Григорий головой покачал.
— Крепкий ты, дядя. Сатаров! Без комедии не обойтись.
— И слава богу, — обрадовался Сатаров.
— А что за комедь? — обратился Гагарин к Сатарову не столько с вопросом, сколько для того, чтобы дать глазам отдохнуть.
— Узнаешь скоро, — загадочно ответил Сатаров.
— Моя совесть чиста, — проговорил Гагарин. — Смеяться вам нечего. Я постарше вас.

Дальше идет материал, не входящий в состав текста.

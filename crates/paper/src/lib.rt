// The numbers that document 01 fixes for more than one crate: refusals, frames, codes, flags and read-only ids. specs/Numbers.antt has each
// with the paper's words beside it, in small letters: a number under its own name, and a refusal as `too_long` for `TooLong`. Promises have
// those names.
#![tactic(auto)]

ghost use Rattle.std.specs.Prelude.{◌≡◌};
ghost use Rattle.paper.specs.Numbers.{number_of};

// A refusal, in document 01's order and with its number.
#[derive(Clone, Copy, PartialEq, Eq)]
pub enum Refusal {
    TooLong = 1,
    NoDigit = 2,
    BadCount = 3,
    BadSum = 4,
    UnknownCommand = 5,
    Malformed = 6,
    UnknownId = 7,
    ReadOnlyId = 8,
    WrongWidth = 9,
    NumberNotAllowed = 10,
    ShortBuffer = 11,
    NotAllowed = 12,
    OtherHeader = 13,
    BadLine = 14,
    OtherId = 15,
    OutOfRange = 16,
    PairDisagrees = 17,
    MoreBytes = 18,
}

impl Refusal {
    // Returns document 01's number of the refusal. A method and no From: its clause names `number_of`, the definition that document 01
    // wants of an answer that is an enum.
    pub fn number(self) -> u8
        ensures { result ≡ number_of self }
    {
        self as u8
    }
}

// Frames: the bytes that begin and end one, the total that its bytes come to, and how much fits.
pub const COLON: u8 = b':';

pub const NEWLINE: u8 = b'\n';

pub const FRAME_TOTAL: u8 = 0x55;

pub const MOST_NIBBLE: u8 = 15;

pub const MOST_DATA: usize = 35;

pub const MOST_CHARS: usize = 73;

pub const FRAME_ROOM: usize = 75;

// The commands that a board knows. Codes and flags are numbers, and no enum: a frame has any number there, and the definitions of
// specs/Numbers.antt are numbers.
pub const PING_CODE: u8 = 1;

pub const VERSION_CODE: u8 = 3;

pub const PRODUCT_CODE: u8 = 4;

pub const RESTART_CODE: u8 = 6;

pub const GET_CODE: u8 = 7;

pub const SET_CODE: u8 = 8;

pub const ASYNC_CODE: u8 = 0xA;

// The codes of its responses; Get and Set answer with their own codes.
pub const DONE_CODE: u8 = 1;

pub const UNKNOWN_CODE: u8 = 3;

pub const ERROR_CODE: u8 = 4;

pub const PONG_CODE: u8 = 5;

// Flags: a request has none, a reply one of four. What a reading makes of one is the enum `Status` of reply.
pub const NO_FLAGS: u8 = 0;

pub const GOOD_FLAG: u8 = 0;

pub const UNKNOWN_FLAG: u8 = 1;

pub const SUPPORT_FLAG: u8 = 2;

pub const PARAMETER_FLAG: u8 = 4;

// An id and the flags come before a value.
pub const FRONT: usize = 3;

// The ids of the read-only values.
pub const PRODUCT_ID: u16 = 0x0100;

pub const SERIAL_ID: u16 = 0x010A;

pub const VERSION_ID: u16 = 0xEEF9;

pub const VOLTAGE_ID: u16 = 0xED8D;

pub const CURRENT_ID: u16 = 0xED8F;

pub const FINE_ID: u16 = 0xED8C;

pub const CONSUMED_ID: u16 = 0xEEFF;

pub const CHARGE_ID: u16 = 0x0FFF;

// The most bytes that a serial has.
pub const MOST_SERIAL: usize = 32;

// The room that a backup text needs.
pub const TEXT_ROOM: usize = 512;
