// The demands as theorems over the crates below: definitions and statements in specs/, proofs in proofs/. There is no code here.
#![tactic(auto)]
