//! Numbers for new rows.
ghost use Rattle.f2_room_laws.specs.FreeNumbers.{OpenStatesAreWithinLimits, NumbersAreFree};

/// Where an image has three numbers for each node, a new row finds a free number in every run of an image that
/// was just made, as long as the volume is open: the rows that calls see, those of the base and the files of the
/// log are each no more than its nodes. So a create or a mkdir is refused for want of nodes, and never for want
/// of a number.
pub fn numbers_are_free()
    ensures within { OpenStatesAreWithinLimits }
    ensures free { NumbersAreFree }
{}
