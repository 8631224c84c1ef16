//! Writes since the base against what an image grants.
ghost use Rattle.f2_room_laws.specs.RoomForWrites.{InitialIsRoomy, EventsKeepStatesRoomy, WritesFitInRuns, LoggedFilesAreWritten};

/// In every run of an image that was just made, whatever failed and however often it crashed, the blocks that
/// were written to each zone since the base, and those that the fsyncs in flight have still to write, are no
/// more than the image grants, as long as the volume is open. So an fsync that began finds room for all that
/// it writes, and so does each block that the flusher writes. And the node log has no more files than blocks.
pub fn writes_fit()
    ensures initial { InitialIsRoomy }
    ensures events { EventsKeepStatesRoomy }
    ensures writes { WritesFitInRuns }
    ensures logged { LoggedFilesAreWritten }
{}
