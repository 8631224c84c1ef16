//! Laws of the abstract machine about room: what a mount may find after a crash is a good tree, and fits
//! the image.
//!
//! No program runs this crate. Each function has an empty body, and its contract is a law that holds of
//! every state, event and run; the statements stand in `specs/`, one file a topic, in the words of
//! `f2_model`. What the layers above lean on is [`what_may_remain_is_proper`]: in every run of an image
//! that was just made, each base with its marks that a crash may leave makes a tree that is good and takes
//! no more nodes and data blocks than the image grants. No fsync that rolls forward can bring a mount a
//! tree that it has no room for.
//!
//! It rests on two laws. One marked row more leaves a rolled tree proper where an fsync of it may roll
//! forward ([`marks_come_in_well`]), since what was held for it bounds every tree that recovery makes of
//! the same rows. And every event, also one whose write or flush fails, keeps what that asks
//! ([`events_keep_states_proper`]): `IsProperState` in `specs/ProperStates.antt` says what holds of each state.
//!
//! And as long as a file is in fsync, the row that calls see of it stays ([`rows_stay_in_fsync`]). The marks
//! of every run go with their base and with each other ([`marks_fit`]), and its writes fit the zones with
//! what its fsyncs have still to write ([`writes_fit`]); so a new row finds a number ([`numbers_are_free`]).
#![tactic(auto)]

mod fitting;
mod free_numbers;
mod marking;
mod proper_states;
mod proper_trees;
mod room_for_writes;
mod running;
mod staying;

pub use fitting::marks_fit;
pub use free_numbers::numbers_are_free;
pub use marking::marks_come_in_well;
pub use proper_states::events_keep_states_proper;
pub use proper_trees::bare_tree_is_proper;
pub use room_for_writes::writes_fit;
pub use running::what_may_remain_is_proper;
pub use staying::rows_stay_in_fsync;
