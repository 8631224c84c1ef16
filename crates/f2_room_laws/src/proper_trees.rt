//! Trees that an image can hold.
ghost use Rattle.f2_room_laws.specs.ProperTrees.{GeometriesHaveRoomForRoot, BareTreeIsProper};

/// An image whose sizes break no limit has a node and a number for the root, and wherever there is such
/// room the tree of the root alone is proper: good, and within the limits.
pub fn bare_tree_is_proper()
    ensures room { GeometriesHaveRoomForRoot }
    ensures bare { BareTreeIsProper }
{}
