//! One marked row more over a base.
ghost use Rattle.f2_room_laws.specs.Marking.{RowsComeInWell, MarksComeInWell};

/// A good tree that a file's row is put into stays good, where no directory stands at its ino, its own
/// directory is there, and no other row has its name. So a base with its marks stays proper by one mark
/// more, as long as some rows that have all of theirs among them take no more than is granted.
pub fn marks_come_in_well()
    ensures good { RowsComeInWell }
    ensures proper { MarksComeInWell }
{}
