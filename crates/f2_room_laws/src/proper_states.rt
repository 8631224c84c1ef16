//! States from which a crash leaves nothing but proper trees.
ghost use Rattle.f2_room_laws.specs.ProperStates.{InitialIsProper, EventsKeepStatesProper};

/// The state before a mount is proper where the tree that the mount will find is proper, and each event
/// leaves a proper state proper, whatever the disk's faults: what it may leave is proper, a checkpoint is alone,
/// and while the volume is open each file in fsync may be marked, with room for all that recovery may find.
pub fn events_keep_states_proper()
    ensures initial { InitialIsProper }
    ensures events { EventsKeepStatesProper }
{}
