//! Marks that go with their base and with each other.
ghost use Rattle.f2_room_laws.specs.Fitting.{InitialIsFitting, EventsKeepStatesFitting, FittingStatesFit, MarksFit};

/// In every run of an image that was just made, whatever failed and however often it crashed, the rows that
/// were marked since the base go with it and with each other: each is a file's, in a directory of the base,
/// under a good name that no other file of the base or of a mark has there, and each tree that the marks may
/// make from the last acknowledged on is proper. The same is kept from any state that begins so.
pub fn marks_fit()
    ensures initial { InitialIsFitting }
    ensures events { EventsKeepStatesFitting }
    ensures fits { FittingStatesFit }
    ensures runs { MarksFit }
{}
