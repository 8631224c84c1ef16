//! What a crash may leave in any run.
ghost use Rattle.f2_room_laws.specs.Running.{RunsStayProper, ProperStatesLeaveProperTrees, WhatMayRemainIsProper, LiveTreesAreProper};

/// In every run of an image that was just made, whatever failed and however often it crashed, each base
/// with its marks that a crash may leave makes a proper tree, and what calls see is one. The same holds of a
/// run from any proper state.
pub fn what_may_remain_is_proper()
    ensures runs { RunsStayProper }
    ensures left { ProperStatesLeaveProperTrees }
    ensures remains { WhatMayRemainIsProper }
    ensures live { LiveTreesAreProper }
{}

В это время к сельсовету одна за другой подъехали четыре подводы. На каждой по нескольку мешков. Подводчики остановились и, громко смеясь, вошли в сельсовет. Впереди веселый Фома Трусов, мужик маленького роста, с жидкой бороденкой. Глаза его озоровато блестели.
— Иди, матрос, гляди. Насилу лошади довезли! — крикнул он Григорию.
Вышли на улицу, оставив в совете Николая и Крепкозубкина. Выходя, я слышал сзади себя!
— Тебе, Василий, больше всех надо?
— А как же! Вон, видишь?
— Что там?
— Пойдем, узнаешь.
Фома уже не столько смеялся, сколько возмущался:
— Надо же было толстому черту! А? В яму, чуть не в навоз, спрятал. Да какую яму-то высадил, целый погреб!